I am confused on how this would differ from part A. I'm given that the answer to C is larger than the answer to A though.

Answer 1

There are $3+4+5+8=20$ million persons in the country.

There are $4+3+2+1=10$ cities in the country.

We conclude the cities of the country have two million persons on average.

Answer 2

The probability of living in a city in the North is $\frac {3\text {millon}}{20\text{million}}$

The average city size: There are 10 cities, and 20 million people.

$\frac {20\text{million}}{10}$

Estimating the variance, and why you need more information.

In the South, for example, there are $5$ million people between two cities. These could be $1$ million and $4$ million or $100,000$ and $3.9$ million, or $2.5$ million and $2.5$ million.

Each will give a different variance number for exceptions of variance across the country.

Chebychev's inequality could give you and upper bound for the variance.

If a region is selected at random $\cdots$

The chance of any region being selected is $\frac 14$ times the average city size in each region.

$\frac 14 \frac 34 + \frac 14 \frac 43+\frac 14\frac 52+\frac 14 \frac {8}{1}$ million

Answer 3

a) There are 20 million total people across 10 cities, so 2 million per city.

b) Your intuition is correct. You don't know how many live in each city (except for the city in the West)

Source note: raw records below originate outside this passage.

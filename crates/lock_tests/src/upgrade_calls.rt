//! Calls of upgradable holds, told what they see.

use crate::acts::{change, store, took};
use crate::script::{LAST_READER_WAKES, follow_upgrade as follow};
use parking_lot_core::ParkToken;
use parking_lot_protocol::{Act, ActResult, CoreAnswer, HAND_OVER, SectionAct, TRY_AGAIN};
use parking_lot_protocol_rw::UpgradeCore;

/// Minus so much, modulo 2^64.
fn less(by: u64) -> u64 {
    by.wrapping_neg()
}

#[test]
fn an_upgradable_owner_comes_in_beside_a_reader(rt: HostRuntime) {
    follow(
        &rt,
        UpgradeCore::lock(),
        &[
            (ActResult::Start, Act::Load),
            (ActResult::Word(16), Act::Exchange(16, 36)),
            (ActResult::Exchanged, Act::Done(CoreAnswer::Owned)),
        ],
    );
}

#[test]
fn one_that_asks_sleeps_and_is_handed_the_lock(rt: HostRuntime) {
    follow(
        &rt,
        UpgradeCore::lock(),
        &[
            (ActResult::Start, Act::Load),
            (ActResult::Word(20), Act::Spin),
            (ActResult::Spun(false), Act::Load),
            (ActResult::Word(20), Act::Exchange(20, 21)),
            (ActResult::Exchanged, Act::Enter(0)),
            (ActResult::Entered, Act::Section(SectionAct::Check)),
            (
                ActResult::Word(21),
                Act::Section(SectionAct::Append(ParkToken(20))),
            ),
            (ActResult::Made, Act::Section(SectionAct::Leave)),
            (ActResult::Made, Act::Sleep),
            (ActResult::Woken(HAND_OVER), Act::Done(CoreAnswer::Owned)),
        ],
    );
}

#[test]
fn a_fair_release_hands_over_to_those_that_fit(rt: HostRuntime) {
    let first = Some(ParkToken(20));
    let third = Some(ParkToken(16));
    let change = change!(u64::MAX - 1, 17);
    let store = store!(change, change);
    let core = follow(
        &rt,
        UpgradeCore::unlock_fair(),
        &[
            (ActResult::Start, Act::Load),
            (ActResult::Word(21), Act::Enter(0)),
            (ActResult::Entered, Act::Section(SectionAct::TakeNext(0))),
            (took!(first, true), Act::Section(SectionAct::TakeNext(20))),
            (took!(third, true), Act::Section(SectionAct::TakeNext(36))),
            (took!(None, true), Act::Section(store)),
            (
                ActResult::Stored { fair: false },
                Act::Section(SectionAct::Leave),
            ),
        ],
    );
    assert!(rt; (change.of(21) == 37) & (core.wake_token() == HAND_OVER));
    follow(
        &rt,
        core,
        &[
            (ActResult::Made, Act::Section(SectionAct::Wake)),
            (ActResult::Made, Act::Section(SectionAct::Wake)),
            (ActResult::Made, Act::Done(CoreAnswer::Released)),
        ],
    );
}

#[test]
fn a_plain_release_tells_them_to_try_again(rt: HostRuntime) {
    let token = Some(ParkToken(8));
    let plain = change!(u64::MAX - 1, less(20));
    let fair = change!(u64::MAX - 1, less(12));
    let core = follow(
        &rt,
        UpgradeCore::unlock(),
        &[
            (ActResult::Start, Act::Load),
            (ActResult::Word(36), Act::Exchange(36, 16)),
            (ActResult::Word(37), Act::Enter(0)),
            (ActResult::Entered, Act::Section(SectionAct::TakeNext(0))),
            (
                took!(token, false),
                Act::Section(SectionAct::Store { plain, fair }),
            ),
            (
                ActResult::Stored { fair: false },
                Act::Section(SectionAct::Leave),
            ),
        ],
    );
    let are_right = (plain.of(37) == 16) & (fair.of(37) == 24);
    assert!(rt; are_right & (core.wake_token() == TRY_AGAIN));
}

#[test]
fn an_upgrade_waits_for_the_readers(rt: HostRuntime) {
    let mut core = follow(
        &rt,
        UpgradeCore::upgrade(),
        &[
            (ActResult::Start, Act::Add(less(12))),
            (ActResult::Before(36), Act::Load),
        ],
    );
    for _round in 0..10 {
        core = follow(
            &rt,
            core,
            &[
                (ActResult::Word(24), Act::Spin),
                (ActResult::Spun(true), Act::Load),
            ],
        );
    }
    follow(&rt, core, LAST_READER_WAKES);
}

#[test]
fn conversions_owe_sleepers_a_look(rt: HostRuntime) {
    follow(
        &rt,
        UpgradeCore::downgrade(),
        &[
            (ActResult::Start, Act::Add(less(4))),
            (ActResult::Before(21), Act::Enter(0)),
            (ActResult::Entered, Act::Section(SectionAct::TakeNext(16))),
        ],
    );
    follow(
        &rt,
        UpgradeCore::downgrade(),
        &[
            (ActResult::Start, Act::Add(less(4))),
            (ActResult::Before(20), Act::Done(CoreAnswer::Owned)),
        ],
    );
    let token = Some(ParkToken(16));
    let keep = change!(u64::MAX - 1, 0);
    let store = store!(keep, keep);
    follow(
        &rt,
        UpgradeCore::downgrade_to_upgradable(),
        &[
            (ActResult::Start, Act::Add(12)),
            (ActResult::Before(9), Act::Enter(0)),
            (ActResult::Entered, Act::Section(SectionAct::TakeNext(20))),
            (took!(token, false), Act::Section(store)),
            (
                ActResult::Stored { fair: true },
                Act::Section(SectionAct::Leave),
            ),
            (ActResult::Made, Act::Section(SectionAct::Wake)),
            (ActResult::Made, Act::Done(CoreAnswer::Owned)),
        ],
    );
}

#[test]
fn tries_are_refused(rt: HostRuntime) {
    for word in [8, 20, 26] {
        follow(
            &rt,
            UpgradeCore::try_lock(),
            &[
                (ActResult::Start, Act::Load),
                (ActResult::Word(word), Act::Done(CoreAnswer::Refused)),
            ],
        );
    }
    follow(
        &rt,
        UpgradeCore::try_upgrade(),
        &[
            (ActResult::Start, Act::Load),
            (ActResult::Word(36), Act::Done(CoreAnswer::Refused)),
        ],
    );
    follow(
        &rt,
        UpgradeCore::try_upgrade(),
        &[
            (ActResult::Start, Act::Load),
            (ActResult::Word(21), Act::Exchange(21, 9)),
            (ActResult::Exchanged, Act::Done(CoreAnswer::Owned)),
        ],
    );
    let mut unlucky = follow(
        &rt,
        UpgradeCore::try_lock(),
        &[(ActResult::Start, Act::Load)],
    );
    for _try in 0..64 {
        unlucky = follow(&rt, unlucky, &[(ActResult::Word(0), Act::Exchange(0, 20))]);
    }
    follow(
        &rt,
        unlucky,
        &[(ActResult::Word(0), Act::Done(CoreAnswer::Refused))],
    );
}

#[test]
fn a_bump_lets_sleepers_go_first(rt: HostRuntime) {
    follow(
        &rt,
        UpgradeCore::bump(),
        &[
            (ActResult::Start, Act::Load),
            (ActResult::Word(36), Act::Done(CoreAnswer::Owned)),
        ],
    );
    let token = None;
    let change = change!(u64::MAX - 1, less(20));
    let store = store!(change, change);
    follow(
        &rt,
        UpgradeCore::bump(),
        &[
            (ActResult::Start, Act::Load),
            (ActResult::Word(21), Act::Enter(0)),
            (ActResult::Entered, Act::Section(SectionAct::TakeNext(0))),
            (took!(token, false), Act::Section(store)),
            (
                ActResult::Stored { fair: false },
                Act::Section(SectionAct::Leave),
            ),
            (ActResult::Made, Act::Load),
            (ActResult::Word(0), Act::Load),
            (ActResult::Word(0), Act::Exchange(0, 20)),
        ],
    );
}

c) Instead of each city being weighted equally, each region is weighted equally. The average city size in North is 3 million / 4 cities, or $\frac{3}{4}$. We carry this calculation to see in N, E, S, W we have $\frac{3}{4}, \frac{4}{3}, \frac{5}{2}, \frac{8}{1}$ million people per city on average, respectively. Thus, if we were to select a region uniformly, we have

$\frac{1}{4} (\frac{3}{4} + \frac{4}{3} + \frac{5}{2} + \frac{8}{1}) = \frac{151}{48}$

Hope this helps!